### [How to complete this task]
Could you filter the material and copy every line where the word "deed" occurs?

........

//! Why a cell says what it says: its candidates, what settled it, and how to choose otherwise.

use crate::advice::{Hint, hint_on};
pub use crate::question::Question;
use crate::reads::{action_of, conflict_of, default_of, next_of};
use crate::rivals::Rivals;
use crate::text::{ItemText, Name, Numbered, RuleText};
use std::io::{self, Write};
use ylalr::{END, Item};
use yprovenance::Candidate;
use ysymbols::Associativity;
use ytables::{Action, Standing};

/// The most candidates of one kind that are shown.
const MOST_SHOWN: usize = 10;

/// How a cell with several candidates is settled, whatever its token and the state of its shift are.
#[derive(Clone, Copy, Drop, PartialEq, Eq)]
pub struct Settled {
    /// The rule that is reduced, where one is.
    reduced: Option<usize>,
    /// Whether the token can't come.
    is_error: bool,
    /// Whether a conflict is counted.
    is_conflict: bool,
    /// Whether the token is the end.
    is_end: bool,
    /// How the first rules stand to the token, where it could be shifted.
    standings: [Option<Standing>; MOST_SHOWN],
    /// How to choose otherwise.
    pub hint: Option<Hint>,
    /// Whether a conflict stays in the cell where the hint is followed to shift.
    left_by_shift: bool,
    /// Whether one does where it is followed to reduce.
    left_by_rule: bool,
}

/// Writes what a cell says: `state 33 on ELSE: shift, to state 35`.
pub fn put_cell<W: Write>(out: &mut W, asked: Question<'_>) -> io::Result<()> {
    let state = asked.state;
    let name = asked.name();
    write!(out, "state {state} on {name}: ")?;
    match action_of(asked.tables, state, asked.token) {
        Action::Shift(to) => writeln!(out, "shift, to state {to}"),
        Action::Reduce(rule) => writeln!(out, "reduce by {}", Numbered(asked.lines, rule)),
        Action::Accept => writeln!(out, "accept"),
        Action::Error => writeln!(out, "error"),
    }
}

/// Writes why a cell says what it says: its candidates, what settled it, and how to choose
/// otherwise.
pub fn explain<W: Write>(out: &mut W, asked: Question<'_>) -> io::Result<()> {
    put_cell(out, asked)?;
    asked.put_reason(out)?;
    asked.put_choice(out)
}

impl Question<'_> {
    /// Writes how to choose otherwise, where precedences have settled the cell; of a conflict, what
    /// tries that, since a choice may lose sentences.
    pub fn put_choice<W: Write>(self, out: &mut W) -> io::Result<()> {
        match conflict_of(self.tables, self.state, self.token) {
            Some(_) => writeln!(out, "  ydebug conflicts tries how to choose otherwise."),
            None => self.put_hint(out),
        }
    }
}

impl<'a> Question<'a> {
    /// Writes what settled the cell, with its candidates where there are several.
    pub fn put_reason<W: Write>(self, out: &mut W) -> io::Result<()> {
        let shifts = self.shift().is_some();
        let rules = self.candidates().take(2).count();
        match (shifts, rules) {
            (false, 0) => self.put_empty(out),
            (true, 0) if self.token == END => writeln!(
                out,
                "  At end of input the only action is accept."
            ),
            (true, 0) => writeln!(out, "  {} can only be shifted here.", self.name()),
            (false, 1) => match default_of(self.tables, self.state) {
                Some(_) => writeln!(out, "  The state reduces by this rule whatever comes."),
                None => writeln!(out, "  Nothing else can be done here."),
            },
            _ => {
                if shifts {
                    self.put_shifts(out)?;
                }
                self.put_rules(out)?;
                self.put_grounds(out)
            }
        }
    }

    /// Writes how a cell with several candidates is settled: how the rules stand to the shift, where
    /// there is one, and what is done.
    pub fn put_grounds<W: Write>(self, out: &mut W) -> io::Result<()> {
        let shifts = self.shift().is_some();
        if shifts {
            for candidate in self.candidates().take(MOST_SHOWN) {
                self.put_standing(out, candidate)?;
            }
        }
        self.put_settled(out, shifts)
    }

    /// Writes how to choose otherwise, where the cell has several candidates.
    pub fn put_hint<W: Write>(self, out: &mut W) -> io::Result<()> {
        let rules = self.candidates().take(2).count();
        match hint_on(self) {
            Some(hint) if rules > 1 || (rules == 1 && self.shift().is_some()) => {
                Rivals::new(self).put_hint(out, hint)
            }
            _ => Ok(()),
        }
    }

    /// How the cell is settled, where it has several candidates.
    pub fn settled(self) -> Settled {
        let mut standings = [None; MOST_SHOWN];
        let shifts = self.shift().is_some();
        if shifts {
            for (place, candidate) in standings.iter_mut().zip(self.candidates()) {
                *place = Some(candidate.standing);
            }
        }
        let action = action_of(self.tables, self.state, self.token);
        let hint = hint_on(self);
        let (left_by_shift, left_by_rule) = match hint {
            Some(hint) => Rivals::new(self).left_by(hint),
            None => (false, false),
        };
        Settled {
            reduced: match action {
                Action::Reduce(rule) => Some(rule),
                _ => None,
            },
            is_error: action == Action::Error,
            is_conflict: conflict_of(self.tables, self.state, self.token).is_some(),
            is_end: shifts && self.token == END,
            standings,
            hint,
            left_by_shift,
            left_by_rule,
        }
    }

    /// Writes that nothing can be done.
    fn put_empty<W: Write>(self, out: &mut W) -> io::Result<()> {
        let name = self.name();
        write!(out, "  No item of the state allows {name}")?;
        match default_of(self.tables, self.state) {
            Some(_) => writeln!(
                out,
                ". The state reduces whatever comes, so the error is found after that."
            ),
            None => writeln!(out, ", so it is an error here."),
        }
    }

    /// Writes the items that could shift.
    fn put_shifts<W: Write>(self, out: &mut W) -> io::Result<()> {
        let (grammar, token) = (self.grammar(), self.token);
        let deed = if token == END { "accept" } else { "shift " };
        let shifts = |item: &&Item| next_of(grammar, **item) == Some(token);
        for item in self.items().iter().filter(shifts).take(MOST_SHOWN) {
            let number = Numbered(self.lines, item.rule);
            let text = ItemText(grammar, *item);
            writeln!(out, "  {deed}  {number}  {text}")?;
        }
        Ok(())
    }

    /// Writes the rules that could be reduced.
    fn put_rules<W: Write>(self, out: &mut W) -> io::Result<()> {
        for candidate in self.candidates().take(MOST_SHOWN) {
            let number = Numbered(self.lines, candidate.rule);
            let text = RuleText(self.grammar(), candidate.rule);
            writeln!(out, "  reduce  {number}  {text}")?;
        }
        let more = self.candidates().skip(MOST_SHOWN).count();
        if more > 0 {
            writeln!(out, "  and {more} rules more")?;
        }
        Ok(())
    }

    /// Writes how a rule stands to the token.
    fn put_standing<W: Write>(self, out: &mut W, candidate: Candidate) -> io::Result<()> {
        let rule = candidate.rule;
        let name = self.name();
        match candidate.standing {
            Standing::Higher => writeln!(out, "  Rule {rule} binds tighter than {name}."),
            Standing::Lower => writeln!(out, "  {name} binds tighter than rule {rule}."),
            Standing::Level(kind) => {
                write!(out, "  Rule {rule} and {name} have one level: ")?;
                match kind {
                    Associativity::Left => writeln!(out, "%left reduces."),
                    Associativity::Right => writeln!(out, "%right shifts."),
                    Associativity::Nonassoc => writeln!(out, "%nonassoc allows neither."),
                }
            }
            Standing::NoToken => writeln!(out, "  Rule {rule} has a precedence, {name} has none."),
            Standing::NoRule => {
                writeln!(out, "  {name} has a precedence, rule {rule} has none.")?;
                match self.lines.giver(self.grammar(), rule) {
                    Some(token) => {
                        let token = Name(self.grammar(), token);
                        writeln!(out, "  Rule {rule} would take that of {token}.")
                    }
                    None => writeln!(out, "  Rule {rule} has no token to take one from."),
                }
            }
            Standing::Neither => {
                writeln!(out, "  Neither rule {rule} nor {name} has a precedence.")
            }
        }
    }

    /// Writes what is done in a cell with several candidates.
    fn put_settled<W: Write>(self, out: &mut W, shifts: bool) -> io::Result<()> {
        let is_conflict = conflict_of(self.tables, self.state, self.token).is_some();
        let name = self.name();
        match action_of(self.tables, self.state, self.token) {
            Action::Reduce(rule) if shifts => {
                writeln!(out, "  Resolved as reduce by rule {rule}.")?;
                if is_conflict {
                    writeln!(
                        out,
                        "  Of the rules that don't lose, the first in the file is taken: a conflict."
                    )?;
                }
                Ok(())
            }
            Action::Reduce(rule) => writeln!(
                out,
                "  A reduce/reduce conflict: rule {rule} is reduced, the first of them in the file."
            ),
            Action::Error => { writeln!(out, "  Resolved as an error: {name} can't come here.") }
            Action::Shift(_) | Action::Accept if is_conflict => {
                let is_end = self.token == END;
                let deed = if is_end { "accepts" } else { "shifts" };
                writeln!(
                    out,
                    "  A shift/reduce conflict, counted once for each such rule: yacc {deed}."
                )
            }
            Action::Shift(_) | Action::Accept => writeln!(out, "  Resolved as shift."),
        }
    }
}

........

### [Solution below]
        let deed = if token == END { "accept" } else { "shift " };
            writeln!(out, "  {deed}  {number}  {text}")?;
                let deed = if is_end { "accepts" } else { "shifts" };
                    "  A shift/reduce conflict, counted once for each such rule: yacc {deed}."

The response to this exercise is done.